| Data |
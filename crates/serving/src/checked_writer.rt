//! Makes any writer an output.
ghost use Rattle.std.specs.Prelude.{◌≡◌, false};
ghost use Rattle.catalogue.specs.Reading.{HasRisen};

use crate::output::{Output, OutputFault};
use std::io::Write;

/// A writer with its number of failed calls, and whether all written bytes were flushed.
#[derive(Drop)]
pub struct CheckedWriter<W> {
    writer: W,
    failures: u64,
    is_flushed: bool,
}

impl<W> CheckedWriter<W> {
    /// A writer without a failed call.
    pub fn new(writer: W) -> CheckedWriter<W>
        ensures { result ≡ record { writer = writer; failures = 0; is_flushed = false } }
    {
        CheckedWriter {
            writer,
            failures: 0,
            is_flushed: false,
        }
    }

    /// The writer, with all bytes written to it.
    pub fn into_inner(self) -> W
        ensures { result ≡ self.writer }
    {
        self.writer
    }

    /// Counts a failed call.
    fn note_failure(&mut self) -> OutputFault
        ensures writer { self.new.writer ≡ self.old.writer }
        ensures noted { HasRisen self.old.failures self.new.failures }
    {
        self.failures = self.failures.saturating_add(1);
        OutputFault
    }
}

impl<W: Write> Output for CheckedWriter<W> {
    ghost stream = { λ checked. record { contents = W.contents checked.writer; failures = checked.failures; is_flushed = checked.is_flushed } };

    fn has_failed(&self) -> bool {
        self.failures > 0
    }

    fn write(&mut self, bytes: &[u8]) -> Result<usize, OutputFault> {
        self.is_flushed = false;
        match self.writer.write(bytes) {
            Ok(count) if count > 0 => Ok(count),
            _ => Err(self.note_failure()),
        }
    }

    fn flush(&mut self) -> Result<(), OutputFault> {
        if self.writer.flush().is_err() {
            return Err(self.note_failure());
        }
        self.is_flushed = true;
        Ok(())
    }
}
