//! Answers items, over an engine as over whatever else answers them.
ghost use Rattle.std.specs.Prelude.{◌≡◌, ◌<◌, ◌⊎◌, ℕ, List, length};
ghost use Rattle.lines.specs.declared.language.Language.{Language};
ghost use Rattle.serving.specs.Answers.{ImportComesTo, Replied, Turn, Turns};
ghost use Rattle.serving.specs.Items.{Item};
ghost use Rattle.serving.specs.Promises.{Answers};
ghost use Rattle.serving.specs.Session.{Holds, Stored};

use crate::reading::KeptItem;
use edits::{Bytes, Command};
use engine::{Engine, Event};
use hgt::name_of;
use lattice::Refusal;
use lines::{Extent, Request, Text, format_reply};
use std::alloc::Global;

/// What answers items.
pub trait Responder {
    /// It answered an item by this text, and then was that one.
    ghost responded: { Self → Item → List ℕ → Self → Type 0 };

    /// How long a payload is that is kept; one of another length is read, and nothing else.
    fn payload_len(&self) -> u32;

    /// Answers an item.
    fn respond(&mut self, alloc: Global, item: KeptItem<'_>) -> Text
        requires { (language : Language) × (i : Item) × Holds language item i }
        ensures { (language : Language) (i : Item) → Holds language item.entry i
            → responded self.old i result self.new };
}

impl<E: Engine> Responder for E {
    ghost responded = { Answers E.Engine };

    fn payload_len(&self) -> u32 {
        self.side().file_bytes()
    }

    fn respond(&mut self, alloc: Global, item: KeptItem<'_>) -> Text {
        answer(alloc, self, item)
    }
}

/// Answers an import of this length. Its payload is there where it came whole and there was room for it.
fn answer_import<E: Engine>(
    alloc: Global,
    engine: &mut E,
    name: &[u8],
    len: u32,
    payload: Option<Vec<u8>>,
    extent: Extent,
) -> Text
    ensures { (bytes : List ℕ) → Stored payload bytes → (extent ≡ Extent.Whole → length bytes ≡ len)
        → (extent ≡ Extent.Cut → (length bytes < len) ⊎ (length bytes ≡ 0))
        → (turn : Turn) × ImportComesTo (E.side_of engine.old) name.now len bytes turn
        × Turns E.called turn engine.old result engine.new }
{
    let Ok(corner) = name_of(name) else {
        return Text::refused(Refusal::BadName);
    };
    if len != engine.side().file_bytes() || extent == Extent::Cut {
        return Text::refused(Refusal::BadLength);
    }
    let Some(payload) = payload else {
        return Text::refused(Refusal::NoMemory);
    };
    let bytes = Bytes::new(payload);
    let import = Event::Do(Command::Import { corner, bytes });
    format_reply(alloc, engine.answer(&import))
}

/// Answers an item by an engine.
fn answer<E: Engine>(alloc: Global, engine: &mut E, item: KeptItem<'_>) -> Text
    requires { (language : Language) × (i : Item) × Holds language item i }
    ensures { (language : Language) (i : Item) → Holds language item.entry i
        → Replied E.called E.side_of engine.old i result engine.new }
{
    let KeptItem {
        request,
        payload,
        extent,
    } = item;
    match request {
        Some(Request::Import { name, len }) => {
            answer_import(alloc, engine, name, len, payload, extent)
        }
        Some(Request::Ask(event)) => format_reply(alloc, engine.answer(&event)),
        Some(Request::BadName) => Text::refused(Refusal::BadName),
        Some(Request::Quit) => Text::done(),
        None => Text::refused(Refusal::BadLine),
    }
}
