//! Tests of the whole program: stores that are made, rebuilt and checked.
#![tactic(auto)]

#[cfg(test)]
mod checkarenas;
#[cfg(test)]
mod formatting;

| Instructions for the task |
What's wanted here is every record, retyped exactly as shown above.

| Task output |
filename crates/serving/src/checked_writer.rt
//! Makes any writer an output.
ghost use Rattle.std.specs.Prelude.{◌≡◌, false};
ghost use Rattle.catalogue.specs.Reading.{HasRisen};

use crate::output::{Output, OutputFault};
use std::io::Write;

/// A writer with its number of failed calls, and whether all written bytes were flushed.
#[derive(Drop)]
pub struct CheckedWriter<W> {
    writer: W,
    failures: u64,
    is_flushed: bool,
}

impl<W> CheckedWriter<W> {
    /// A writer without a failed call.
    pub fn new(writer: W) -> CheckedWriter<W>
        ensures { result ≡ record { writer = writer; failures = 0; is_flushed = false } }
    {
        CheckedWriter {
            writer,
            failures: 0,
            is_flushed: false,
        }
    }

    /// The writer, with all bytes written to it.
    pub fn into_inner(self) -> W
        ensures { result ≡ self.writer }
    {
        self.writer
    }

    /// Counts a failed call.
    fn note_failure(&mut self) -> OutputFault
        ensures writer { self.new.writer ≡ self.old.writer }
        ensures noted { HasRisen self.old.failures self.new.failures }
    {
        self.failures = self.failures.saturating_add(1);
        OutputFault
    }
}

impl<W: Write> Output for CheckedWriter<W> {
    ghost stream = { λ checked. record { contents = W.contents checked.writer; failures = checked.failures; is_flushed = checked.is_flushed } };

    fn has_failed(&self) -> bool {
        self.failures > 0
    }

    fn write(&mut self, bytes: &[u8]) -> Result<usize, OutputFault> {
        self.is_flushed = false;
        match self.writer.write(bytes) {
            Ok(count) if count > 0 => Ok(count),
            _ => Err(self.note_failure()),
        }
    }

    fn flush(&mut self) -> Result<(), OutputFault> {
        if self.writer.flush().is_err() {
            return Err(self.note_failure());
        }
        self.is_flushed = true;
        Ok(())
    }
}
//! Answers items, over an engine as over whatever else answers them.
ghost use Rattle.std.specs.Prelude.{◌≡◌, ◌<◌, ◌⊎◌, ℕ, List, length};
ghost use Rattle.lines.specs.declared.language.Language.{Language};
ghost use Rattle.serving.specs.Answers.{ImportComesTo, Replied, Turn, Turns};
ghost use Rattle.serving.specs.Items.{Item};
ghost use Rattle.serving.specs.Promises.{Answers};
ghost use Rattle.serving.specs.Session.{Holds, Stored};

use crate::reading::KeptItem;
use edits::{Bytes, Command};
use engine::{Engine, Event};
use hgt::name_of;
use lattice::Refusal;
use lines::{Extent, Request, Text, format_reply};
use std::alloc::Global;

/// What answers items.
pub trait Responder {
    /// It answered an item by this text, and then was that one.
    ghost responded: { Self → Item → List ℕ → Self → Type 0 };

    /// How long a payload is that is kept; one of another length is read, and nothing else.
    fn payload_len(&self) -> u32;

    /// Answers an item.
    fn respond(&mut self, alloc: Global, item: KeptItem<'_>) -> Text
        requires { (language : Language) × (i : Item) × Holds language item i }
        ensures { (language : Language) (i : Item) → Holds language item.entry i
            → responded self.old i result self.new };
}

impl<E: Engine> Responder for E {
    ghost responded = { Answers E.Engine };

    fn payload_len(&self) -> u32 {
        self.side().file_bytes()
    }

    fn respond(&mut self, alloc: Global, item: KeptItem<'_>) -> Text {
        answer(alloc, self, item)
    }
}

/// Answers an import of this length. Its payload is there where it came whole and there was room for it.
fn answer_import<E: Engine>(
    alloc: Global,
    engine: &mut E,
    name: &[u8],
    len: u32,
    payload: Option<Vec<u8>>,
    extent: Extent,
) -> Text
    ensures { (bytes : List ℕ) → Stored payload bytes → (extent ≡ Extent.Whole → length bytes ≡ len)
        → (extent ≡ Extent.Cut → (length bytes < len) ⊎ (length bytes ≡ 0))
        → (turn : Turn) × ImportComesTo (E.side_of engine.old) name.now len bytes turn
        × Turns E.called turn engine.old result engine.new }
{
    let Ok(corner) = name_of(name) else {
        return Text::refused(Refusal::BadName);
    };
    if len != engine.side().file_bytes() || extent == Extent::Cut {
        return Text::refused(Refusal::BadLength);
    }
    let Some(payload) = payload else {
        return Text::refused(Refusal::NoMemory);
    };
    let bytes = Bytes::new(payload);
    let import = Event::Do(Command::Import { corner, bytes });
    format_reply(alloc, engine.answer(&import))
}

/// Answers an item by an engine.
fn answer<E: Engine>(alloc: Global, engine: &mut E, item: KeptItem<'_>) -> Text
    requires { (language : Language) × (i : Item) × Holds language item i }
    ensures { (language : Language) (i : Item) → Holds language item.entry i
        → Replied E.called E.side_of engine.old i result engine.new }
{
    let KeptItem {
        request,
        payload,
        extent,
    } = item;
    match request {
        Some(Request::Import { name, len }) => {
            answer_import(alloc, engine, name, len, payload, extent)
        }
        Some(Request::Ask(event)) => format_reply(alloc, engine.answer(&event)),
        Some(Request::BadName) => Text::refused(Refusal::BadName),
        Some(Request::Quit) => Text::done(),
        None => Text::refused(Refusal::BadLine),
    }
}
//! Tests of the whole program: stores that are made, rebuilt and checked.
#![tactic(auto)]

#[cfg(test)]
mod checkarenas;
#[cfg(test)]
mod formatting;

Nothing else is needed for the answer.